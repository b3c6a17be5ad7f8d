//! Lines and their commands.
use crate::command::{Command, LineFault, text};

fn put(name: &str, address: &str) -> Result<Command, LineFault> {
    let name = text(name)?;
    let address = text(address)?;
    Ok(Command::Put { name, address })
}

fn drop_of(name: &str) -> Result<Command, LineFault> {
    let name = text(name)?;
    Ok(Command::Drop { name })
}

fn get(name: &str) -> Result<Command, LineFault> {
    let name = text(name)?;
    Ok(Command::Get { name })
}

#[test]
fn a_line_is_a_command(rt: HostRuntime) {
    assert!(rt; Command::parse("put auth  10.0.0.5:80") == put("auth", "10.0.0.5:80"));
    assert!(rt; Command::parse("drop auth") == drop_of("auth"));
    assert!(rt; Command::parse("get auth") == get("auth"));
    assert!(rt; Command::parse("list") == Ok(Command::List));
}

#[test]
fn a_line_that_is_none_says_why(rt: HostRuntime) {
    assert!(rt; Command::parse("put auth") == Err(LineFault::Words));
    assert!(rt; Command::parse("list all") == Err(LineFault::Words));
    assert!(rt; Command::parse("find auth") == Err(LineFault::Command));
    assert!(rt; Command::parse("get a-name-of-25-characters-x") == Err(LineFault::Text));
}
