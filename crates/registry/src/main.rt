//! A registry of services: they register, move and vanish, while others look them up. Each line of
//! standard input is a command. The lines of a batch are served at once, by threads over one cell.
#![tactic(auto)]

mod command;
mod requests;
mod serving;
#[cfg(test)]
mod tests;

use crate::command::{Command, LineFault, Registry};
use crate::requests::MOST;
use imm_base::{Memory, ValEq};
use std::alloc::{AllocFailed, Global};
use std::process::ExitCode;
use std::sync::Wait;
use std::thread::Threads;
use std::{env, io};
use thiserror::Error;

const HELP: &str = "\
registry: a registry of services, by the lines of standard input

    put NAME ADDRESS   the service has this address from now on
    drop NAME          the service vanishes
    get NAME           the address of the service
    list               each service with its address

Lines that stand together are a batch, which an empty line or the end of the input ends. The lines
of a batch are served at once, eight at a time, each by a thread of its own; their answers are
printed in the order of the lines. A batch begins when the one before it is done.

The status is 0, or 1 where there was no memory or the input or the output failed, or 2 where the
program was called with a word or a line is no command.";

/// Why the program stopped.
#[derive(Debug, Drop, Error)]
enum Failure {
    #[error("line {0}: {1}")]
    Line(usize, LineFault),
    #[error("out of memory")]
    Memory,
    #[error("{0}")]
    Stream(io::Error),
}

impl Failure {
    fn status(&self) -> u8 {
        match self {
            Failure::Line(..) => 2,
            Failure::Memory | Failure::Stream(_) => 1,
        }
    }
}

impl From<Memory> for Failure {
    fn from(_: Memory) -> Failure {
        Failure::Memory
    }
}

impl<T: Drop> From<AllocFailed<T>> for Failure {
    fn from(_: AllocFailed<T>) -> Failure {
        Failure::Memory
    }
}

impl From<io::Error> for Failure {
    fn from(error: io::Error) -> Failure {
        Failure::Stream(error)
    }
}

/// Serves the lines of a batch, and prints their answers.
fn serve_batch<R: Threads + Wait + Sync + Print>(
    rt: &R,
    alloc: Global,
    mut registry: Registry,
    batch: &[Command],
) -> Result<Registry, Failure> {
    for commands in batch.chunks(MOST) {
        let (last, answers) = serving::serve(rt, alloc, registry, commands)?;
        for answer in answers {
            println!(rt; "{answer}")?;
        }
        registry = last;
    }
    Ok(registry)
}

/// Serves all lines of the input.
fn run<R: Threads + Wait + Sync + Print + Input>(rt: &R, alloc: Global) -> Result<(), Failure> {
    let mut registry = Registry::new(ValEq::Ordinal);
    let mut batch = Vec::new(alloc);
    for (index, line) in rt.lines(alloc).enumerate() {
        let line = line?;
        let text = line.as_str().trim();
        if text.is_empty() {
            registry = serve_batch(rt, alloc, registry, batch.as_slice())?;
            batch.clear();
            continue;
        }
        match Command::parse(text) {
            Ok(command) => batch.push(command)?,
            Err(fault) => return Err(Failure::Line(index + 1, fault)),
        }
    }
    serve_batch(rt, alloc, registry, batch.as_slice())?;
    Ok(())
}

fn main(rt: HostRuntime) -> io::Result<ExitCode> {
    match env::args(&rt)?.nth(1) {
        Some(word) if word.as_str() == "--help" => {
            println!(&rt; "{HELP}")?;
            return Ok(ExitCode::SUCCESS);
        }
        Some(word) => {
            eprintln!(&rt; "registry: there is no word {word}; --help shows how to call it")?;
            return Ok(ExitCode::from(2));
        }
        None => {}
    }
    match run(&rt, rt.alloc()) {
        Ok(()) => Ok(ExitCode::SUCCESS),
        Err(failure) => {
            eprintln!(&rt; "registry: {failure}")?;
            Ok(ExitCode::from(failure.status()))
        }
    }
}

# # # # # # #

▶ What to work on
Return all lines from the entries that contain the string "services".

▶ Solution for this problem
//! A registry of services: they register, move and vanish, while others look them up. Each line of
registry: a registry of services, by the lines of standard input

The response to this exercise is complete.